Ma mère est la deuxième en bas à gauche. Hertha Gullit est celle derrière l'homme qui tient le LP. Rita Dorothy Lijkwan est à côté de lui, tenant également le disque, mère de Serge Tsai.

Avez-vous vu le documentaire "Sœurs du Suriname" ? J'ai adoré. Ma mère, Hertha Gladys Ritfeld, faisait également partie du groupe de femmes qui sont parties aux Pays-Bas pour y travailler comme infirmières. Bien qu'elle ne soit pas visible dans le documentaire, elle nous a malheureusement quittés jeune, je reconnais certaines de ses amies. Surtout Nel Kappel Stadwijk, mère d'Ettienne et de Derrick Stadwijk, fondateur de SoulNL.

J'avais déjà entendu ces histoires de voyage, de bains publics, etc. Maintenant, après avoir regardé le documentaire, je peux mieux me les représenter.
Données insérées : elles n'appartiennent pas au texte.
//! Writes a query as text.

ghost use Rattle.std.specs.Prelude.{◌≡◌, ℕ, List, ◌++◌, codes, IfOk};
ghost use Rattle.om_base.specs.Appending.{PutsBehind};
ghost use Rattle.om_token.specs.declared.token.Token.{Token};
ghost use Rattle.om_token.specs.Tokens.{AreTokens};
ghost use Rattle.om_grammar.specs.Grammar.{IsQuery};
ghost use Rattle.om_grammar.specs.Spelling.{Spells};
ghost use Rattle.om_grammar.specs.Words as spec;

use crate::cond_tree::CondTree;
use crate::tree::{Alias, ColumnName, Direction, Item, Key, Label, Query, SortKey, TableName};
use crate::words::{put_column, put_cond, put_expr, put_identifier, put_number};
use om_base::{NoMemory, Text};
use std::alloc::Global;

// ---- parts

/// Appends the name that an item is given.
fn put_alias(text: &mut Text, alias: &Option<Alias<'_>>) -> Result<(), NoMemory>
    ensures { PutsBehind result text.old (spec.naming_text spec.alias_text alias.now) text.new }
{
    match alias {
        Some(alias) => {
            text.add(b" AS ")?;
            put_identifier(text, &alias.name)
        }
        None => Ok(()),
    }
}

/// Appends the range variable that a table is given.
fn put_variable(text: &mut Text, variable: &Option<Label<'_>>) -> Result<(), NoMemory>
    ensures { PutsBehind result text.old (spec.naming_text spec.label_text variable.now) text.new }
{
    match variable {
        Some(label) => {
            text.add(b" AS ")?;
            text.add(label.name.bytes())
        }
        None => Ok(()),
    }
}

/// Appends an item.
#[tactic(auto, unfolding(crate::specs::Words::item_text))]
fn put_item(text: &mut Text, item: &Item<'_>) -> Result<(), NoMemory>
    ensures { PutsBehind result text.old (spec.item_text item.now) text.new }
{
    put_expr(text, &item.expr)?;
    put_alias(text, &item.alias)
}

/// Appends a table.
#[tactic(auto, unfolding(crate::specs::Words::table_text))]
fn put_table(text: &mut Text, table: &TableName<'_>) -> Result<(), NoMemory>
    ensures { PutsBehind result text.old (spec.table_text table.now) text.new }
{
    text.add(table.name.bytes())?;
    put_variable(text, &table.variable)
}

/// Appends what rows are sorted by.
fn put_key(text: &mut Text, key: &Key<'_>) -> Result<(), NoMemory>
    ensures { PutsBehind result text.old (spec.key_text key.now) text.new }
{
    match key {
        Key::Position(number) => put_number(text, *number),
        Key::Named(name) => put_identifier(text, name),
    }
}

/// Appends which way rows are sorted.
fn put_direction(text: &mut Text, direction: Direction) -> Result<(), NoMemory>
    ensures { PutsBehind result text.old (spec.direction_text direction) text.new }
{
    match direction {
        Direction::Ascending => Ok(()),
        Direction::Descending => text.add(b" DESC"),
    }
}

/// Appends what rows are sorted by, and which way.
#[tactic(auto, unfolding(crate::specs::Words::sort_key_text))]
fn put_sort_key(text: &mut Text, key: &SortKey<'_>) -> Result<(), NoMemory>
    ensures { PutsBehind result text.old (spec.sort_key_text key.now) text.new }
{
    put_key(text, &key.key)?;
    put_direction(text, key.direction)
}

// ---- lists

/// Appends items, with commas between them.
fn put_items(text: &mut Text, items: &[Item<'_>]) -> Result<(), NoMemory>
    ensures { PutsBehind result text.old (spec.list_text spec.item_text items.now) text.new }
{
    let [first, rest @ ..] = items else {
        return Ok(());
    };
    put_item(text, first)?;
    for item in rest {
        text.add(b", ")?;
        put_item(text, item)?;
    }
    Ok(())
}

/// Appends tables, with commas between them.
fn put_tables(text: &mut Text, tables: &[TableName<'_>]) -> Result<(), NoMemory>
    ensures { PutsBehind result text.old (spec.list_text spec.table_text tables.now) text.new }
{
    let [first, rest @ ..] = tables else {
        return Ok(());
    };
    put_table(text, first)?;
    for table in rest {
        text.add(b", ")?;
        put_table(text, table)?;
    }
    Ok(())
}

/// Appends columns, with commas between them.
fn put_columns(text: &mut Text, columns: &[ColumnName<'_>]) -> Result<(), NoMemory>
    ensures { PutsBehind result text.old (spec.list_text spec.column_text columns.now) text.new }
{
    let [first, rest @ ..] = columns else {
        return Ok(());
    };
    put_column(text, first)?;
    for column in rest {
        text.add(b", ")?;
        put_column(text, column)?;
    }
    Ok(())
}

/// Appends what rows are sorted by, with commas between the keys.
fn put_sort_keys(text: &mut Text, keys: &[SortKey<'_>]) -> Result<(), NoMemory>
    ensures { PutsBehind result text.old (spec.list_text spec.sort_key_text keys.now) text.new }
{
    let [first, rest @ ..] = keys else {
        return Ok(());
    };
    put_sort_key(text, first)?;
    for key in rest {
        text.add(b", ")?;
        put_sort_key(text, key)?;
    }
    Ok(())
}

// ---- clauses

/// Appends the condition after WHERE.
#[tactic(auto, unfolding(crate::specs::Words::filter_text))]
fn put_filter(text: &mut Text, filter: &Option<CondTree<'_>>) -> Result<(), NoMemory>
    ensures { PutsBehind result text.old (spec.filter_text filter.now) text.new }
{
    match filter {
        Some(cond) => {
            text.add(b" WHERE ")?;
            put_cond(text, cond)
        }
        None => Ok(()),
    }
}

/// Appends the columns after GROUP BY.
fn put_groups(text: &mut Text, groups: &[ColumnName<'_>]) -> Result<(), NoMemory>
    ensures { PutsBehind result text.old (spec.by_text (codes " GROUP BY ") spec.column_text groups.now) text.new }
{
    if groups.is_empty() {
        return Ok(());
    }
    text.add(b" GROUP BY ")?;
    put_columns(text, groups)
}

/// Appends what stands after ORDER BY.
fn put_order(text: &mut Text, keys: &[SortKey<'_>]) -> Result<(), NoMemory>
    ensures { PutsBehind result text.old (spec.by_text (codes " ORDER BY ") spec.sort_key_text keys.now) text.new }
{
    if keys.is_empty() {
        return Ok(());
    }
    text.add(b" ORDER BY ")?;
    put_sort_keys(text, keys)
}

/// Appends what stands after the tables.
#[tactic(auto, unfolding(crate::specs::Words::clauses_text))]
fn put_clauses(text: &mut Text, query: &Query<'_>) -> Result<(), NoMemory>
    ensures { PutsBehind result text.old (spec.clauses_text query.now) text.new }
{
    put_filter(text, &query.filter)?;
    put_groups(text, query.groups.as_slice())?;
    put_order(text, query.keys.as_slice())
}

/// Appends the tables, and what stands after them.
fn put_sources(text: &mut Text, query: &Query<'_>) -> Result<(), NoMemory>
    ensures { PutsBehind result text.old (codes " FROM " ++ (spec.list_text spec.table_text query.now.tables ++ spec.clauses_text query.now)) text.new }
{
    text.add(b" FROM ")?;
    put_tables(text, query.tables.as_slice())?;
    put_clauses(text, query)
}

/// The text that spells the tree of `query`: reserved words in capitals, AS before each name that is given,
/// parentheses only where the tree needs them, one space between words.
#[tactic(auto, unfolding(crate::specs::Words::query_text))]
pub fn text_of(alloc: Global, query: &Query<'_>) -> Result<Text, NoMemory>
    ensures text { IfOk result (λ text. text ≡ spec.query_text query.now) }
    ensures spells { IfOk result (λ text. (source : List ℕ) (tokens : List Token) → AreTokens source tokens → IsQuery tokens query.now → Spells text query.now) }
{
    let mut text = Text::copy_of(alloc, b"SELECT ")?;
    put_items(&mut text, query.items.as_slice())?;
    put_sources(&mut text, query)?;
    Ok(text)
}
Dire au revoir à sa famille et à ses amis sans savoir quand on les reverra, suivi de trois semaines de voyage en bateau vers les Pays-Bas, me semble déchirant. Je peux aussi très bien imaginer le mal du pays. Ça n'a pas dû être facile à l'époque pour une jeune fille de quitter le chaud Suriname pour les froids Pays-Bas, avec des maisons sans chauffage, sans douches, comme le racontent en riant et en pleurant les sœurs du Suriname.

Même avec la télévision, internet et les réseaux sociaux, cela peut être un choc culturel d'arriver seul dans un autre pays avec une autre culture, encore moins à cette époque.

Pourtant, je n'ai jamais vraiment entendu ma mère se plaindre de son temps en tant qu'infirmière à Rotterdam où elle avait suivi sa formation ou à Deventer où elle est allée travailler par la suite et où mon frère, son fils aîné, est né. C'est exactement comme on voit ces sœurs dans le documentaire. Elles prennent les choses comme elles viennent et en tirent simplement le meilleur parti, comme si de rien n'était. Elles gèrent.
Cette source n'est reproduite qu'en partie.